=== EXERCISE REQUIREMENTS ===
What you need to produce from the material below is an exact transcription of the lines from the one with "after_data s len ≡ Ok t) sending.old sending.new" through the one with "let mut bytes = [0; 24];", both included, and no other line.

=== TASK MATERIAL ===

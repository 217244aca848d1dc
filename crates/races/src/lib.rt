// What a step touches, that steps of different cores meet at the semaphore alone, and which may change places: the claims are in specs/, their
// theorems in proofs/. There is no code here.

#![tactic(auto)]
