// The seven rounds on one column: what it gives to each opening, and what the opened numbers make of its running registers. Every step is
// a linear form with public coefficients, the same in every column. Who calls has asked the questions first, and
// asks for openings and coefficients that there are.
#![tactic(auto)]

ghost use Rattle.std.specs.Prelude.{◌≡◌, cond, ◌≢◌, ℕ, ◌+◌, ◌*◌, ◌/◌, ◌≤◌, ◌<◌, ltb, length, get_or};
ghost use Rattle.lists.specs.Answers.{bit};
ghost use Rattle.field.specs.Field.{q};
ghost use Rattle.field.specs.Forms.{value, Form, reg, num, ◌⊟◌, ◌⊞◌, ◌⊠◌};
ghost use Rattle.settings.specs.Sets.{scale_of, base, top_digits};
ghost use Rattle.settings.specs.Settings.{params_of, terms_of};
ghost use Rattle.settings.specs.Questions.{Ready, ShapeReady};
ghost use Rattle.settings.specs.Sizes.{places};
ghost use Rattle.rounding.specs.Rounds.{threshold};
ghost use Rattle.book.specs.Book.{group_k, group_gap, group_at};
ghost use Rattle.slice.specs.Layout.{running_at, registers, column};
ghost use Rattle.slice.specs.Weights.{top_rises, rule_of};
ghost use Rattle.steps.specs.Steps.{limit_of, shift_of, open_input, insides, group_of, check_entry, after_check};
ghost use Rattle.steps.specs.Context.{public_by, looks_at, number_at, split_count, split_place, ContextOf};
ghost use Rattle.steps.specs.Gates.{terms_at, gate_at, TermsFit, GateFits, Listed, sum_form, addend_form, u_form, v_form, open_u, open_v, result_form};

use book::{group_at, group_gap, group_k, mask_at, triple_at, vector_at};
use field::{Q, Q64, add_mod, mul_mod, sub_mod};
use rounding::{Split, split_number};
use settings::{PLACES, Settings, Shape, alpha_of, base_of, parts_of};
use slice::{FIRST, INPUT, Rule, SECOND, Weighted, raised_by, register, weighted_sum};

// What both sides know in a round: the settings, the round's number, and the numbers whose digits its gates look at, each split in its
// five digits: HIGH, y of each coefficient; BOUND, hi and lo of each coefficient in turn. All of it follows from the settings and from what
// round 1 opened: no share, no part and no key is in it. It is made once for each call, and every round that needs a digit reads it here;
// for a round that needs none, nothing is split.
#[derive(Clone, Copy)]
pub struct Context {
    pub settings: Settings,
    pub round: u32,
    pub splits: [Split; 16],
}

// Column c of a working slice.
pub fn column_of(work: &[u32], c: usize) -> &[u32; PLACES]
    requires { (c + 1) * places ≤ length work.now }
    ensures { registers result.now ≡ column work.now c }
{
    &work.as_chunks::<PLACES>().0[c]
}

// The first (which = 0) or second (1) gate of coefficient j for a digit: addend + u × v, by the triple at a place. All columns share it.
// `kind` is the shape's, and `which` counts: the gate's register is 8 × which + j (the layout's), so both are numbers.
// GateFits and TermsFit are clauses and no ghost fields, which are no plainer: `gate_at` and `terms_at` make gates of any arguments.
#[derive(Clone, Copy)]
pub struct Gate {
    pub kind: u32,
    pub j: usize,
    pub which: usize,
    pub triple: usize,
    pub terms: Weighted,
}

// ---- The context

// hi (which = 0) or lo.
fn threshold_of(bound: u32, which: usize, y: u32) -> u32
    requires { (bound ≤ 4190208) × (1 ≤ bound) }
    ensures { result ≡ threshold q bound which y }
{
    if which == 0 {
        return sub_mod(2 * bound - 1, y);
    }
    sub_mod(0, y)
}

// Does the round look at digits?
fn looks_at(kind: u32, round: u32) -> bool
    ensures { result ≡ looks_at kind round }
{
    let last = if kind == 0 { 5 } else { 6 };
    2 <= round && round <= last
}

// How many numbers a context splits: none where the round looks at no digit.
fn split_count(shape: Shape, round: u32) -> usize
    requires { shape.n ≤ 8 }
    ensures { (result ≡ cond (looks_at shape.kind round) (split_count shape) 0) × (result ≤ 16) }
{
    if !looks_at(shape.kind, round) {
        return 0;
    }
    if shape.kind == 0 {
        return shape.n as usize;
    }
    2 * shape.n as usize
}

// Number x that a context splits, of these masked numbers.
fn number_at(settings: Settings, masked: &[u32], x: usize) -> u32
    requires ready { Ready settings }
    requires n_in_bounds { (settings.shape.n ≤ length masked.now) × (x < split_count settings.shape) }
    ensures { result ≡ number_at settings (λ (j : ℕ). get_or masked.now j 0) x }
{
    if settings.shape.kind == 0 {
        return masked[x];
    }
    threshold_of(settings.bound, x % 2, masked[x / 2])
}
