/// Writes the head of a DATA frame with `len` bytes to the start of `out`. The bytes are to be sent after
/// it: they are not passed, and need not be copied. `wt_sending_sent` counts them. It does not allocate.
///
/// Returns `OK` with the size of the head, at most 9, in `used`, and changes `sending`. Returns
/// `BUFFER_TOO_SMALL` if `out` is shorter than that size, which `used` then is. Returns `REFUSED` with
/// the reason in `why`: `Unexpected` before the head of the message, after its trailers, and on the
/// stream of a CONNECT that is not a tunnel; `DataMissing` if bytes of the last DATA frame are still to
/// be sent; `EmptyData` for 0; `TooLarge` from 2^62 on; or `ContentTooLong` for more content than
/// `content-length` announced. Returns `INVALID` if no state has `sending`. Nothing else changes.
#[unsafe(no_mangle)]
pub extern "C" fn wt_sending_data(
    sending: &mut WtSending,
    len: u64,
    out: &mut [u8],
    used: &mut usize,
    why: &mut u32,
) -> i32
    ensures answers { (result ≡ OK) ⊎ ((result ≡ BUFFER_TOO_SMALL) ⊎ ((result ≡ INVALID)
        ⊎ (result ≡ REFUSED))) }
    ensures sent { result ≡ OK
        → Leads (λ s t. after_data s len ≡ Ok t) sending.old sending.new
        × WritesPrefix (data_head len) out.old out.new used.new }
    ensures room { result ≡ BUFFER_TOO_SMALL
        → MayLead (λ s t. after_data s len ≡ Ok t) sending.old
        × TooShort (data_head len) out.old out.new used.new }
    ensures refused { result ≡ REFUSED
        → Refuses (λ s e. after_data s len ≡ Err e) sending.old why.new }
    ensures invalid { result ≡ INVALID → IsNoSending sending.old }
    ensures same { result ≢ OK → (sending.new ≡ sending.old) × (out.new ≡ out.old) }
    ensures used { result ≢ OK → result ≢ BUFFER_TOO_SMALL → used.new ≡ used.old }
    ensures why { result ≢ REFUSED → why.new ≡ why.old }
{
    let Some(mut state) = sending.sending() else {
        return INVALID;
    };
    let mut bytes = [0; 24];
    match put_head(&mut state, len, &mut bytes) {
        Ok(size) => sending.give(&bytes[..size], &state, out, used),
        Err(error) => tell(error, why),
    }
}

/// Counts `len` bytes of the last DATA frame as sent.
///
/// Returns `OK`. Returns `REFUSED`, for `DataExceeded`, if fewer are still to be sent, and `INVALID` if no
/// state has `sending`. Only `OK` changes `sending`, and only `REFUSED` changes `why`.
#[unsafe(no_mangle)]
pub extern "C" fn wt_sending_sent(sending: &mut WtSending, len: u64, why: &mut u32) -> i32
    ensures answers { (result ≡ OK) ⊎ ((result ≡ INVALID) ⊎ (result ≡ REFUSED)) }
    ensures sent { result ≡ OK → Leads (λ s t. after_bytes s len ≡ Ok t) sending.old sending.new }
    ensures refused { result ≡ REFUSED
        → Refuses (λ s e. after_bytes s len ≡ Err e) sending.old why.new }
    ensures invalid { result ≡ INVALID → IsNoSending sending.old }
    ensures same { result ≢ OK → sending.new ≡ sending.old }
    ensures why { result ≢ REFUSED → why.new ≡ why.old }
{
    let Some(mut state) = sending.sending() else {
        return INVALID;
    };
    match state.sent(len) {
        Ok(()) => {
            *sending = WtSending::of(&state);
            OK
        }
        Err(error) => tell(error, why),
    }
}

/// Says how many bytes of the last DATA frame are still to be sent.
///
/// Returns `OK` with the number in `owed`, or `INVALID` if no state has `sending`; nothing changes then.
#[unsafe(no_mangle)]
pub extern "C" fn wt_sending_owed(sending: &WtSending, owed: &mut u64) -> i32
    ensures answers { (result ≡ OK) ⊎ (result ≡ INVALID) }
    ensures owed { result ≡ OK → (s : Sending) × HasSending s sending.now
        × (owed.new ≡ s.owed) }
    ensures invalid { result ≡ INVALID → IsNoSending sending.now × (owed.new ≡ owed.old) }
{
    match sending.sending() {
        Some(state) => {
            *owed = state.owed();
            OK
        }
        None => INVALID,
    }
}

/// Ends the message: the stream is to be ended with the last bytes that were written.
///
/// Returns `OK`. Returns `REFUSED` with the reason in `why`: `DataMissing` if bytes of the last DATA
/// frame are still to be sent; `MissingHead` before the head of the message; `ContentTooShort` if there
/// is less content than `content-length` announced; or `Unexpected` after the end. Returns `INVALID` if
/// no state has `sending`. Only `OK` changes `sending`, and only `REFUSED` changes `why`.
#[unsafe(no_mangle)]
pub extern "C" fn wt_sending_finish(sending: &mut WtSending, why: &mut u32) -> i32
    ensures answers { (result ≡ OK) ⊎ ((result ≡ INVALID) ⊎ (result ≡ REFUSED)) }
    ensures sent { result ≡ OK → Leads (λ s t. after_end s ≡ Ok t) sending.old sending.new }
    ensures refused { result ≡ REFUSED
        → Refuses (λ s e. after_end s ≡ Err e) sending.old why.new }
    ensures invalid { result ≡ INVALID → IsNoSending sending.old }
    ensures same { result ≢ OK → sending.new ≡ sending.old }
    ensures why { result ≢ REFUSED → why.new ≡ why.old }
{
    let Some(mut state) = sending.sending() else {
        return INVALID;
    };
    match state.finish() {
        Ok(()) => {
            *sending = WtSending::of(&state);
            OK
        }
        Err(error) => tell(error, why),
    }
}

/// Opens the tunnel or the session, at a client: a 2xx response to the CONNECT request of this stream
/// came. After any other response nothing but the end may be sent.
///
/// Returns `OK`. Returns `REFUSED`, for `Unexpected`, on any other stream and after the first call, and
/// `INVALID` if no state has `sending`. Only `OK` changes `sending`, and only `REFUSED` changes `why`.
#[unsafe(no_mangle)]
pub extern "C" fn wt_sending_connected(sending: &mut WtSending, why: &mut u32) -> i32
    ensures answers { (result ≡ OK) ⊎ ((result ≡ INVALID) ⊎ (result ≡ REFUSED)) }
    ensures sent { result ≡ OK
        → Leads (λ s t. placed s (opens s.place) ≡ Ok t) sending.old sending.new }
    ensures refused { result ≡ REFUSED
        → Refuses (λ s e. placed s (opens s.place) ≡ Err e) sending.old why.new }
    ensures invalid { result ≡ INVALID → IsNoSending sending.old }
    ensures same { result ≢ OK → sending.new ≡ sending.old }
    ensures why { result ≢ REFUSED → why.new ≡ why.old }
{
    let Some(mut state) = sending.sending() else {
        return INVALID;
    };
    match state.connected() {
        Ok(()) => {
            *sending = WtSending::of(&state);
            OK
        }
        Err(error) => tell(error, why),
    }
}
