//! The Huffman code for header strings (RFC 7541, section 5.2 and Appendix B).
//!
//! An encoded text is the concatenation of the code words of its bytes, padded with ones to a whole
//! byte. [`decode`] rejects everything else: other padding, eight or more bits of padding, and the
//! code word of EOS, the end of the string.
ghost use Rattle.std.specs.Prelude.{◌≡◌};
ghost use Rattle.wtp_huffman.specs.declared.huffman.HuffmanError.TheVariants.{Memory};

use std::alloc::{AllocError, AllocFailed};

mod codes;
mod decoding;
mod encoding;
mod pairs;
mod rows;
mod short;

pub use decoding::{append_decoded, decode, decode_into};
pub use encoding::{append, encode, encoded_len};

/// The reason why a text was not decoded.
#[derive(Clone, Copy, Debug, PartialEq, Eq, thiserror::Error)]
pub enum HuffmanError {
    /// The bytes are not code words followed by fewer than eight one bits.
    #[error("invalid Huffman text")]
    Invalid,
    /// Memory allocation failed.
    #[error("no memory")]
    Memory,
}

impl From<AllocError> for HuffmanError {
    ghost from_gives = { λ _ e. e ≡ Memory };

    fn from(_e: AllocError) -> HuffmanError {
        HuffmanError::Memory
    }
}

impl<T: Drop> From<AllocFailed<T>> for HuffmanError {
    ghost from_gives = { λ _ e. e ≡ Memory };

    fn from(_e: AllocFailed<T>) -> HuffmanError {
        HuffmanError::Memory
    }
}
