//! The Huffman code of HTTP/2 and HTTP/3 (RFC 7541, section 5.2 and Appendix B).
//!
//! `wtp_fields` re-exports [`huffman`]. It is a separate crate so that it can be proved in parallel
//! with the other crates below field sections.
#![tactic(auto)]

pub mod huffman;
pub mod laws;
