//! Streams that are closed.
ghost use Rattle.std.specs.Prelude.{◌≡◌, ◌⊎◌, [], true, false, not, None, OnOk};
ghost use Rattle.vesgrauf.specs.Cuts.{Alone, AreCut, Asks, IsOwnOver, is_over_in, is_read_out};
ghost use Rattle.vesgrauf.specs.Joined.{AreSevered};
ghost use Rattle.vesgrauf.specs.Members.{DropsAt};
ghost use Rattle.vesgrauf.specs.Own.{Over, EndsOwn, entry_at, is_sent, own_at};
ghost use Rattle.vesgrauf.specs.Keeps.{Keeps, KeepsBut};
ghost use Rattle.vesgrauf.specs.State.{stream_at, knows_of};
ghost use Rattle.vesgrauf.specs.Told.{ended_at};
ghost use Rattle.vesgrauf.specs.Theirs.{Gone, theirs_at};

use crate::code::StreamCode;
use crate::connection::Connection;
use crate::connection::placing::{give_place, keep_place, take_place};
use crate::entry::{Entry, Peer, Told};
use crate::event::{Event, EventKind, Why};
use crate::output::Output;
use std::alloc::AllocError;
use wtp_connection::connection::Known;
use wtp_core::error::Code;

/// The status of the answer that a CONNECT request gets by a reset: what follows it is read as of one that is refused.
const REFUSED: u32 = 500;
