//! Laws of the definitions. The contract of each function states the law; its body is empty.
ghost use Rattle.std.specs.Prelude.{◌≡◌, ℕ, ◌<◌, ◌≤◌, List, ◌++◌, length, Bool};
ghost use Rattle.wtp_huffman.specs.Huffman.{code, AllOnes, IsBytes, IsHuffman};

/// The Huffman code is a complete prefix code: no code word is a prefix of another, no word of ones
/// only is shorter than eight bits (so padding is not a word), and any 30 bits begin with a word.
pub fn huffman_words()
    ensures apart { (x y : ℕ) (more : List Bool) → x < 257 → y < 257
        → code x ≡ code y ++ more → x ≡ y }
    ensures ones { (x : ℕ) → x < 257 → AllOnes (code x) → 8 ≤ length (code x) }
    ensures full { (bits : List Bool) → 30 ≤ length bits
        → (x : ℕ) × (x < 257) × (more : List Bool) × (bits ≡ code x ++ more) }
{}

/// Encoding is a bijection: encoded bytes decode to exactly one text, and every text has exactly
/// one encoding.
pub fn huffman_texts()
    ensures one_text { (s t u : List ℕ) → IsHuffman t s → IsHuffman u s → t ≡ u }
    ensures one_string { (s t u : List ℕ) → IsBytes s → IsBytes u
        → IsHuffman t s → IsHuffman t u → s ≡ u }
    ensures each_text { (t : List ℕ) → IsBytes t → (s : List ℕ) × IsBytes s × IsHuffman t s }
{}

=== TASK RESPONSE ===
        → Leads (λ s t. after_data s len ≡ Ok t) sending.old sending.new
        × WritesPrefix (data_head len) out.old out.new used.new }
    ensures room { result ≡ BUFFER_TOO_SMALL
        → MayLead (λ s t. after_data s len ≡ Ok t) sending.old
        × TooShort (data_head len) out.old out.new used.new }
    ensures refused { result ≡ REFUSED
        → Refuses (λ s e. after_data s len ≡ Err e) sending.old why.new }
    ensures invalid { result ≡ INVALID → IsNoSending sending.old }
    ensures same { result ≢ OK → (sending.new ≡ sending.old) × (out.new ≡ out.old) }
    ensures used { result ≢ OK → result ≢ BUFFER_TOO_SMALL → used.new ≡ used.old }
    ensures why { result ≢ REFUSED → why.new ≡ why.old }
{
    let Some(mut state) = sending.sending() else {
        return INVALID;
    };
    let mut bytes = [0; 24];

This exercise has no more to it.